The term sonnet is derived from the Provençal word sonet and the Italian word sonetto, both meaning little song. By the thirteenth century, it had come to signify a poem of fourteen lines following a strict rhyme scheme and logical structure. The conventions associated with the sonnet have changed during its history.
The first, the Italian form, is distinguished by its bipartite division into the octave and the sestet: the octave consisting of a first division of eight lines rhyming abbaabba and the sestet, or second division, consisting of six lines rhyming cdecde, cdccdc, or cdedce.
On this twofold division of the Italian sonnet Charles Gayley notes: "The octave bears the burden; a doubt, a problem, a reflection, a query, an historical statement, a cry of indignation or desire, a Vision of the ideal. The sestet eases the load, resolves the problem or doubt, answers the query, solaces the yearning, realizes the vision." Again it might be said that the octave presents the narrative, states the proposition or raises a question; the sestet drives home the narrative by making an abstract comment, applies the proposition, or solves the problem.

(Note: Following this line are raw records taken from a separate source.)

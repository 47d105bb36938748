// A lent slice filled from a reader.
#![tactic(auto)]

ghost use Rattle.std.specs.Prelude.{take};
ghost use Rattle.std.specs.Counts.{IsPrefixLen};
ghost use Rattle.std.specs.Io.KnownBytes.{Consumes};

use std::io::Read;

// Reads until the buffer is full, the reader is at its end or a read fails, and answers how many bytes that puts at the front of the buffer:
// what the reader gives, in order, each byte once.
pub fn read_full<R: Read>(reader: &mut R, buffer: &mut [u8]) -> usize
    ensures bound { IsPrefixLen result buffer.new }
    ensures bytes { Consumes (R.remaining reader.old) (R.remaining reader.new) (take result buffer.new) }
{
    let mut done = 0;
    // a `while`: how much a read gives only the read tells
    while done < buffer.len() {
        match reader.read(&mut buffer[done..]) {
            Ok(n) if n > 0 => done += n,
            _ => break,
        }
    }
    done
}

#[cfg(test)]
mod tests {
    use super::*;
    use std::io;
    use std::test::Fail;

    #[test]
    fn stops_where_the_bytes_end(rt: HostRuntime) -> Result<(), Fail> {
        let mut bytes: &[u8] = b"rule";
        let mut buffer = [0u8; 6];
        assert_eq!(rt; read_full(&mut bytes, &mut buffer), 4);
        assert_eq!(rt; buffer, *b"rule\0\0");
        Ok(())
    }

    #[test]
    fn stops_where_the_buffer_is_full(rt: HostRuntime) -> Result<(), Fail> {
        let mut bytes: &[u8] = b"rule";
        let mut buffer = [0u8; 3];
        assert_eq!(rt; read_full(&mut bytes, &mut buffer), 3);
        assert_eq!(rt; buffer, *b"rul");
        assert_eq!(rt; bytes, b"e".as_slice());
        Ok(())
    }

    // Gives two bytes at a read, and fails at the third.
    #[derive(Drop)]
    struct Failing {
        reads: u8,
    }

    impl Read for Failing {
        fn read(&mut self, buffer: &mut [u8]) -> io::Result<usize> {
            if self.reads >= 2 || buffer.len() < 2 {
                return Err(io::Error::from(io::ErrorKind::BrokenPipe));
            }
            self.reads += 1;
            buffer[0] = b'a';
            buffer[1] = b'b';
            Ok(2)
        }
    }

    #[test]
    fn keeps_what_came_before_a_failure(rt: HostRuntime) -> Result<(), Fail> {
        let mut reader = Failing { reads: 0 };
        let mut buffer = [0u8; 6];
        assert_eq!(rt; read_full(&mut reader, &mut buffer), 4);
        assert_eq!(rt; buffer, *b"abab\0\0");
        Ok(())
    }
}
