// Times: whole seconds with nanoseconds, and their conversions from and to f64 (document 01, the
// leaf helpers).
ghost use Rattle.std.specs.Prelude.{◌≡◌};
ghost use Rattle.math.specs.Clock.{from_seconds, from_hours, hours_of, is_before, is_accepted};

// A length of time. Fewer than 10^9 nanoseconds, in what the functions here answer; what is handed
// in may have more, as the library's `Duration` may not, and `is_accepted` tells.
#[derive(Clone, Copy, PartialEq, Eq, PartialOrd, Ord)]
pub struct Duration {
    pub secs: u64,
    pub nanos: u32,
}

// Why a number of seconds or hours is no time.
#[derive(Clone, Copy)]
pub enum TimeError {
    // 2^64 seconds and more, which no Duration holds.
    TooLong,
    // Below 0, or not a number.
    NoTime,
}

const NANOS_PER_SECOND: u32 = 1000000000;

// A number of seconds as a time, to the nearest nanosecond, ties to even.
#[tactic(auto, unfolding(crate::specs::Clock::from_seconds, crate::specs::Clock::clock, crate::specs::Clock::nanos_in))]
pub fn duration_from_secs(seconds: f64) -> Result<Duration, TimeError>
    ensures { result ≡ from_seconds seconds }
{
    if seconds >= 0.0 {
        if seconds < 18446744073709551616.0 {
            let d = std::time::Duration::from_secs_f64(seconds);
            return Ok(Duration {
                secs: d.as_secs(),
                nanos: d.subsec_nanos(),
            });
        }
        return Err(TimeError::TooLong);
    }
    Err(TimeError::NoTime)
}

// A number of hours as a time: times 3600, rounded once, and then as `duration_from_secs`.
pub fn duration_from_hours(hours: f64) -> Result<Duration, TimeError>
    ensures { result ≡ from_hours hours }
{
    duration_from_secs(hours * 3600.0)
}

impl Duration {
    // The longest there is.
    pub const MAX: Duration = Duration {
        secs: u64::MAX,
        nanos: NANOS_PER_SECOND - 1,
    };

    // The longest that is accepted: 2^53 s.
    const LONGEST: Duration = Duration {
        secs: 1 << 53,
        nanos: 0,
    };

    // The time in hours: the seconds plus the nanoseconds / 10^9, each as f64, then / 3600.
    pub fn hours(self) -> f64
        ensures { result ≡ hours_of self }
    {
        let secs = std::num::nearest_u64_to_f64(self.secs);
        let nanos = self.nanos as f64;
        (secs + nanos / 1e9) / 3600.0
    }

    // Whether this time is shorter than the other: by seconds first, then by nanoseconds. It is
    // `<`, under the name that document 01 and the C export have; the module's own code says `<`,
    // but for the replay of the Rust's answers.
    pub fn is_before(self, other: Duration) -> bool
        ensures { result ≡ is_before self other }
    {
        self < other
    }

    // Whether document 01 accepts this time where one is handed in: at most 2^53 s, with fewer than
    // 10^9 nanoseconds.
    #[tactic(auto, unfolding(crate::specs::Clock::is_accepted))]
    pub fn is_accepted(self) -> bool
        ensures { result ≡ is_accepted self }
    {
        self <= Duration::LONGEST && self.nanos < NANOS_PER_SECOND
    }
}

So much for the strict interpretation of the Italian form; as a matter of fact English poets have varied these items greatly. The octave and sestet division is not always kept; the rhyme-scheme is often varied, but within limits--no Italian sonnet properly allowing more than five rhymes. Iambic pentameter is essentially the meter, but here again certain poets have experimented with hexameter and other meters.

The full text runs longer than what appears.